Work out the number of lines in the listing that include the string "Returns". Reply with that number alone.

== Provided information ==

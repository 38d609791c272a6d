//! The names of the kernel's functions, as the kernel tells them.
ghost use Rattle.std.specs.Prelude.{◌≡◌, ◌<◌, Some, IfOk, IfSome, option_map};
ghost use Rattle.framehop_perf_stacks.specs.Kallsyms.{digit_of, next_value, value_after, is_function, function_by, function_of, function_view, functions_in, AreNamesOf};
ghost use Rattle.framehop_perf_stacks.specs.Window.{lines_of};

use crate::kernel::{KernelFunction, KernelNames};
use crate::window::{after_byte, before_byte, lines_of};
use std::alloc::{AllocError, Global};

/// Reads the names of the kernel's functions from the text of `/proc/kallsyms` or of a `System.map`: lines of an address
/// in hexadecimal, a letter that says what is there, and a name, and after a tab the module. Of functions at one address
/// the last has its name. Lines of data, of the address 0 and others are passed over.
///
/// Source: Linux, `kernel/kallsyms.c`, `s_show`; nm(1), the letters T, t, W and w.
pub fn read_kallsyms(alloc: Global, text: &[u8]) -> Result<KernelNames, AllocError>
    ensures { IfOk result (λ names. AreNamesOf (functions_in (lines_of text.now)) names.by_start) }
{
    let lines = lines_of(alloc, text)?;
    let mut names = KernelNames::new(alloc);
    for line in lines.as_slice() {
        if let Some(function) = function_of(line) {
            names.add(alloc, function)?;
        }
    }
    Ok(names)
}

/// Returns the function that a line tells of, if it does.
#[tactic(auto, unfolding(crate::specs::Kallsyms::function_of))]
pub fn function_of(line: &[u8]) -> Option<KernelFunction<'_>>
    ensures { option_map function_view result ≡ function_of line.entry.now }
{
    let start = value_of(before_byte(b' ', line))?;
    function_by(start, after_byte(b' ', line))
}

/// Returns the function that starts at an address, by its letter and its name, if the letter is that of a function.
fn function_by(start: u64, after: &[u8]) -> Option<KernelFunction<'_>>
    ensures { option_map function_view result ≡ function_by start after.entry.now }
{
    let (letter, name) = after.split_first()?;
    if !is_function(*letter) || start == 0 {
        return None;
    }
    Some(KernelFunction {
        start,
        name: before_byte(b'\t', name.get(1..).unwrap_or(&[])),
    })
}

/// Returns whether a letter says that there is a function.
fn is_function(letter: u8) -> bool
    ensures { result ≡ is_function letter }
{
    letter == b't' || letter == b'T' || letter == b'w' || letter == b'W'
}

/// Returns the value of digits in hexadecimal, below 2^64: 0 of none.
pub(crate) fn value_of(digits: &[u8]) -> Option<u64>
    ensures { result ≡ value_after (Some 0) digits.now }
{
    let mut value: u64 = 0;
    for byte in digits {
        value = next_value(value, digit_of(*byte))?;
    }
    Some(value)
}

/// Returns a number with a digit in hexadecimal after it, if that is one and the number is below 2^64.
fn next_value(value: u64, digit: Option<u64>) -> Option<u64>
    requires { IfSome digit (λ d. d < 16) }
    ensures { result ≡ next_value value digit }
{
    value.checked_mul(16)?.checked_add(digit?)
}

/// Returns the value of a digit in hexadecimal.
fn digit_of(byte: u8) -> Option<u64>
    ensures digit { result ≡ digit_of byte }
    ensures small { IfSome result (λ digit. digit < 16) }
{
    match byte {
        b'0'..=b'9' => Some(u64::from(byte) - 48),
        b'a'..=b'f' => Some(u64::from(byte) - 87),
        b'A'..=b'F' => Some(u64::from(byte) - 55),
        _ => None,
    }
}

===

Response to this task
6